§ Task item: Working from the entries below, give again each line from the first through the one containing "has room for so", exactly and with nothing else.

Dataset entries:
▬▬▬

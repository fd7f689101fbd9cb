//! A reader of whose connection or outputs one call fails, each call in turn, or of which an output has room for so
//! many bytes, as a disk that fills. What was sent and written before is a beginning of what is sent and written
//! otherwise, nothing comes after, and a packet has a line only once its whole record is written.
ghost use Rattle.std.specs.Prelude.{◌≡◌, ◌<◌, ◌+◌, ◌%◌, ◌^◌, None};

use crate::beside_a_server::{ASKED, plan};
use crate::pieces::{Piece, joined};
use Piece::{Bytes, Record};
use reader_run::{Gathered, ListingFault, PacketLines, Times, read_over};
use sl_io::{DeviceFault, Failing, MemorySource, Sink};
use std::alloc::Global;
use std::ops::Range;
use std::test::Fail;

/// What the server sends: of two wants it refuses the second.
static ANSWERS: [Piece; 5] = [
    Bytes(
        b"SeedLink v3.0 (station access)\r\nTest Centre\r\nOK\r\nOK\r\nOK\r\nOK\r\nERROR\r\nSLFFFFFF",
    ),
    Record(b"WLF", 2),
    Bytes(b"SL000000"),
    Record(b"WLF", 3),
    Bytes(b"END"),
];

static RECORDS: [Piece; 2] = [Record(b"WLF", 2), Record(b"WLF", 3)];

const LINES: &[u8] = b"refused GE NONE\n\
    FFFFFF GE WLF -- BHZ D 17091648020000 17091648030000 100\n\
    000000 GE WLF -- BHZ D 17091648030000 17091648040000 100\n";

/// As much as the server sends, and less than a packet.
const ALL: usize = 65_536;

const LITTLE: usize = 300;

/// What goes wrong, with a number.
enum Trouble {
    Nothing,
    /// The read of what the server sends with that number fails, or the write of commands, lines or records.
    ReadFails,
    CommandFails,
    LineFails,
    RecordFails,
    /// There is room for so many bytes of commands, lines or records.
    CommandsFill,
    LinesFill,
    RecordsFill,
}

use Trouble::{
    CommandFails, CommandsFill, LineFails, LinesFill, Nothing, ReadFails, RecordFails, RecordsFill,
};

/// A trouble, how many bytes a read gives at most, the first number that is tried and the first one that is not, and
/// how many of these readings fail.
type Row = (Trouble, usize, usize, usize, usize);

static ROWS: [Row; 10] = [
    (Nothing, LITTLE, 0, 1, 0),
    (ReadFails, LITTLE, 1, 20, 4),
    (CommandFails, LITTLE, 1, 20, 2),
    (LineFails, LITTLE, 1, 20, 3),
    (RecordFails, LITTLE, 1, 20, 12),
    (CommandsFill, LITTLE, 0, 80, 68),
    (LinesFill, LITTLE, 0, 140, 130),
    (LinesFill, ALL, 0, 140, 130),
    (RecordsFill, ALL, 0, 520, 520),
    (RecordsFill, ALL, 1_016, 1_028, 8),
];

/// Which write of an output fails, if any, and how many bytes it has room for.
#[derive(Clone, Copy)]
struct Limit {
    due: u64,
    room: usize,
}

const ENDLESS: Limit = Limit {
    due: 0,
    room: usize::MAX,
};

/// The read that fails, if any, and the limits of the outputs.
#[derive(Clone, Copy)]
struct Limits {
    read: u64,
    commands: Limit,
    lines: Limit,
    records: Limit,
}

/// What a trouble with that number is.
fn limits_of(trouble: &Trouble, number: usize) -> Limits {
    let mut limits = Limits {
        read: 0,
        commands: ENDLESS,
        lines: ENDLESS,
        records: ENDLESS,
    };
    match trouble {
        Nothing => {}
        ReadFails => limits.read = number as u64,
        CommandFails => limits.commands.due = number as u64,
        LineFails => limits.lines.due = number as u64,
        RecordFails => limits.records.due = number as u64,
        CommandsFill => limits.commands.room = number,
        LinesFill => limits.lines.room = number,
        RecordsFill => limits.records.room = number,
    }
    limits
}

/// A writer with room for so many bytes, as a disk that fills: it takes what fits, at most 100 bytes at once, and then
/// each write fails.
#[derive(Drop)]
struct Disk {
    bytes: Vec<u8>,
    room: usize,
    failures: u64,
    calls: u64,
}

impl Disk {
    fn refuse(&mut self) -> DeviceFault
        ensures failures { self.new.failures ≡ (self.old.failures + 1) % 2 ^ 64 }
        ensures calls { self.new.calls ≡ self.old.calls }
    {
        self.failures = self.failures.wrapping_add(1);
        DeviceFault
    }
}

impl Sink for Disk {
    ghost written = { λ _. None };

    ghost failures = { λ s. s.failures };

    ghost calls = { λ s. s.calls };

    ghost empty_writes = { λ _. 0 };

    fn write(&mut self, bytes: &[u8]) -> Result<usize, DeviceFault> {
        self.calls = self.calls.wrapping_add(1);
        let count = bytes.len().min(self.room).min(100);
        if count < 1 && !bytes.is_empty() {
            return Err(self.refuse());
        }
        match self.bytes.extend_from_slice(&bytes[..count]) {
            Ok(()) => {
                self.room = self.room.saturating_sub(count);
                Ok(count)
            }
            Err(_) => Err(self.refuse()),
        }
    }
}

/// An output within a limit.
fn output(alloc: Global, limit: Limit) -> Failing<Disk> {
    let disk = Disk {
        bytes: Vec::new(alloc),
        room: limit.room,
        failures: 0,
        calls: 0,
    };
    Failing::new(disk, limit.due)
}

/// What came of a reading.
#[derive(Drop)]
struct Outcome {
    answer: Result<(), ListingFault>,
    asked: Vec<u8>,
    lines: Vec<u8>,
    records: Vec<u8>,
    has_failed: bool,
}

/// What comes of a reading of at most `piece` bytes a call within those limits.
fn reading(alloc: Global, answers: &[u8], piece: usize, limits: Limits) -> Result<Outcome, Fail>
    requires { 0 < piece }
{
    let plan = plan(alloc)?;
    let mut reader = Failing::new(MemorySource::in_pieces(answers, piece), limits.read);
    let mut asked = output(alloc, limits.commands);
    let mut lines = output(alloc, limits.lines);
    let mut records = Gathered::new(alloc, output(alloc, limits.records));
    let answer = read_over(
        alloc,
        PacketLines::Each(Times::Ticks),
        plan,
        &mut reader,
        &mut asked,
        &mut lines,
        &mut records,
    );
    let has_failed = reader.counts().failures > 0
        || asked.counts().failures > 0
        || lines.counts().failures > 0
        || records.sink().counts().failures > 0;
    Ok(Outcome {
        answer,
        asked: asked.into_inner().bytes,
        lines: lines.into_inner().bytes,
        records: records.into_sink().into_inner().bytes,
        has_failed,
    })
}

/// How many packets have a line, or a part of one. The line of a want that is refused begins with another letter.
fn listed_packets(lines: &[u8]) -> usize {
    let mut count: usize = 0;
    let mut is_first = true;
    for byte in lines {
        if is_first && *byte != b'r' {
            count = count.saturating_add(1);
        }
        is_first = *byte == b'\n';
    }
    count
}

/// Whether a beginning of all commands, lines and records was written, and each packet that has a line has its record.
/// Something was left out exactly if a call failed, and then the reading fails with that fault.
fn is_right(outcome: &Outcome, records: &[u8], fault: ListingFault) -> bool {
    let are_beginnings = ASKED.starts_with(outcome.asked.as_slice())
        && LINES.starts_with(outcome.lines.as_slice())
        && records.starts_with(outcome.records.as_slice());
    let is_whole = outcome.asked.len() == ASKED.len()
        && outcome.lines.len() == LINES.len()
        && outcome.records.len() == records.len();
    let has_records = listed_packets(outcome.lines.as_slice()) <= outcome.records.len() / 512;
    let answer = if is_whole { Ok(()) } else { Err(fault) };
    are_beginnings && has_records && outcome.answer == answer && outcome.has_failed != is_whole
}

/// The first number of a trouble whose reading goes otherwise, and how many readings failed before that.
fn tried(
    alloc: Global,
    answers: &[u8],
    records: &[u8],
    piece: usize,
    trouble: &Trouble,
    numbers: Range<usize>,
) -> Result<(Option<usize>, usize), Fail>
    requires { 0 < piece }
{
    let fault = match trouble {
        ReadFails => ListingFault::Read,
        _ => ListingFault::Write,
    };
    let mut failing: usize = 0;
    for number in numbers {
        let outcome = reading(alloc, answers, piece, limits_of(trouble, number))?;
        if !is_right(&outcome, records, fault) {
            return Ok((Some(number), failing));
        }
        if outcome.has_failed {
            failing = failing.saturating_add(1);
        }
    }
    Ok((None, failing))
}

#[test]
fn each_failure_is_its_fault_and_the_last(rt: HostRuntime) -> Result<(), Fail> {
    let answers = joined(rt.alloc(), &ANSWERS)?;
    let records = joined(rt.alloc(), &RECORDS)?;
    for (place, &(ref trouble, piece, from, until, failing)) in ROWS.iter().enumerate() {
        assert!(rt; 0 < piece);
        let tried = tried(rt.alloc(), &answers, &records, piece, trouble, from..until)?;
        assert!(rt; tried == (None, failing), "in row {place}: {tried:?}");
    }
    Ok(())
}
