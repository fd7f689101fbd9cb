//! The reader beside a server, joined over memory: what the one asks the other is sent, in pieces of any length.
ghost use Rattle.std.specs.Prelude.{◌<◌};

use crate::pieces::{HELD, record_of, wants_of};
use catalog::Config;
use server_core::{Client, Offer, Server};
use sl_packet::Seq;
use slreader::{Plan, ReaderCore, ReaderFault, What};
use std::alloc::Global;
use std::net::Ipv4Addr;
use std::test::Fail;

/// Two stations, of which one holds two records.
const TWO_STATIONS: &[u8] = br#"title = "Test Centre"

[[station]]
network = "GE"
code = "APE"
description = "Island"
capacity = 4

[[station]]
network = "GE"
code = "WLF"
description = "Forest"
capacity = 2
first = "FFFFFE"
"#;

/// Two wants, of which a server refuses the second.
pub fn plan(alloc: Global) -> Result<Plan<'static>, Fail> {
    let wants = wants_of(alloc, &[b"GE_WLF:BH?,!E", b"GE_NONE"], HELD)?;
    Ok(Plan::Multi(wants))
}

/// What is asked by that plan.
pub const ASKED: &[u8] =
    b"HELLO\rSTATION WLF GE\rSELECT BH?\rSELECT !E\rFETCH\rSTATION NONE GE\rEND\r";

/// What came of a dialogue: all that was asked, and a line for each thing that was given.
#[derive(Drop)]
pub struct Log {
    pub asked: Vec<u8>,
    pub given: Vec<u8>,
    is_over: bool,
}

/// Gives the reader a piece, up to the end of the transfer.
fn hear(core: &mut ReaderCore, piece: &[u8], log: &mut Log) -> Result<(), Fail> {
    let mut start = 0;
    let mut packet = [0; 520];
    for _ in 0..=piece.len() {
        if start > piece.len() {
            return Ok(());
        }
        let came = core.incoming(&piece[start..], &mut packet)?;
        match &came.what {
            What::Nothing => return Ok(()),
            What::Hello => log.given.extend_from_slice(b"hello\n")?,
            What::Refused(0) => log.given.extend_from_slice(b"refused 0\n")?,
            What::Refused(_) => log.given.extend_from_slice(b"refused 1\n")?,
            What::Packet(packet) => {
                log.given.extend_from_slice(&packet.bytes()[2..8])?;
                log.given.push(b'\n')?;
            }
            What::End => {
                log.given.extend_from_slice(b"end\n")?;
                log.is_over = true;
                return Ok(());
            }
        }
        start += came.used;
    }
    Ok(())
}

/// Gives the reader bytes, so many at once.
fn hear_all(core: &mut ReaderCore, bytes: &[u8], most: usize, log: &mut Log) -> Result<(), Fail>
    requires { 0 < most }
{
    for piece in bytes.chunks(most) {
        if !log.is_over {
            hear(core, piece, log)?;
        }
    }
    Ok(())
}

/// Sends the server what the reader asks, so many bytes at once.
fn ask(
    server: &mut Server,
    client: &Client,
    core: &mut ReaderCore,
    most: usize,
    log: &mut Log,
) -> Result<(), Fail>
    requires { 0 < most }
{
    let outgoing = core.outgoing();
    log.asked.extend_from_slice(outgoing)?;
    for piece in outgoing.chunks(most) {
        server.receive(client, piece)?;
    }
    let count = outgoing.len();
    core.sent(count);
    Ok(())
}

/// Gives the reader what waits for it, so many bytes at once.
fn answer(
    server: &mut Server,
    client: &Client,
    core: &mut ReaderCore,
    most: usize,
    log: &mut Log,
) -> Result<(), Fail>
    requires { 0 < most }
{
    if server.offer(client)? != Offer::Bytes {
        return Ok(());
    }
    let waiting = server.waiting(client)?;
    let count = waiting.len();
    hear_all(core, waiting, most, log)?;
    if count > 0 {
        server.took(client, count)?;
    }
    Ok(())
}

/// The dialogue of a reader and a server up to the end of the transfer, with so many bytes at once.
fn dialogue(
    server: &mut Server,
    client: &Client,
    core: &mut ReaderCore,
    most: usize,
    log: &mut Log,
) -> Result<(), Fail>
    requires { 0 < most }
{
    for _ in 0..2_000 {
        if !log.is_over {
            ask(server, client, core, most, log)?;
            answer(server, client, core, most, log)?;
        }
    }
    Ok(())
}

/// What comes of a dialogue of a reader that connects to a server, with so many bytes at once.
pub fn log_at(
    alloc: Global,
    server: &mut Server,
    core: &mut ReaderCore,
    most: usize,
) -> Result<Log, Fail>
    requires { 0 < most }
{
    let client = server.open(alloc, Ipv4Addr::new(172, 16, 0, 9))?;
    let mut log = Log {
        asked: Vec::new(alloc),
        given: Vec::new(alloc),
        is_over: false,
    };
    dialogue(server, &client, core, most, &mut log)?;
    Ok(log)
}

/// Whether a reader is given what a server holds of three records of GE WLF.
fn is_given(
    alloc: Global,
    server: &mut Server,
    core: &mut ReaderCore,
    most: usize,
) -> Result<bool, Fail>
    requires { 0 < most }
{
    for second in 1..4 {
        server.arrive(&record_of(b"WLF", second)?)?;
    }
    let log = log_at(alloc, server, core, most)?;
    Ok(
        log.asked.as_slice() == ASKED
            && log.given.as_slice() == b"hello\nrefused 1\nFFFFFF\n000000\nend\n".as_slice()
            && core.records() == 2
            && core.next_wanted(0) == Seq::of(1)
            && core.next_wanted(1) == None,
    )
}

/// The same of a new reader and a new server.
fn is_right(alloc: Global, most: usize) -> Result<bool, Fail>
    requires { 0 < most }
{
    let mut core = ReaderCore::new(alloc, plan(alloc)?)?;
    let mut server = Server::new(alloc, Config::read(alloc, TWO_STATIONS)?)?;
    is_given(alloc, &mut server, &mut core, most)
}

static SIZES: [usize; 3] = [1, 7, 520];

#[test]
fn a_reader_is_given_what_the_server_holds(rt: HostRuntime) -> Result<(), Fail> {
    for &most in &SIZES {
        assert!(rt;
            0 < most && is_right(rt.alloc(), most)?,
            "in pieces of {most}"
        );
    }
    Ok(())
}

/// A byte that is none of a greeting, nothing, and a greeting's beginning.
static AFTER_A_FAULT: [&[u8]; 3] = [b"X", b"", b"SeedLink v3"];

/// Whether a reader that is given these answers each of them by the fault of the first.
fn stays_at_a_fault(core: &mut ReaderCore) -> bool {
    for piece in &AFTER_A_FAULT {
        if core.incoming(piece, &mut [0; 520]).err() != Some(ReaderFault::BadReply) {
            return false;
        }
    }
    true
}

#[test]
fn a_fault_stays(rt: HostRuntime) -> Result<(), Fail> {
    let mut core = ReaderCore::new(rt.alloc(), plan(rt.alloc())?)?;
    assert!(rt; stays_at_a_fault(&mut core));
    Ok(())
}
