// One tick of a machine (01, 'States and resuming', 'Turned down', 'The fitters' paper'; 02): state and answer record, the tick and
// its rows, the machine on paper, the three demands, what a tick delivers, records of instants, recordings. Definitions and worked
// examples, no code.
#![tactic(auto)]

▬▬▬

§ Exercise solution:
repository fd7f689101fbd9cb
//! A reader of whose connection or outputs one call fails, each call in turn, or of which an output has room for so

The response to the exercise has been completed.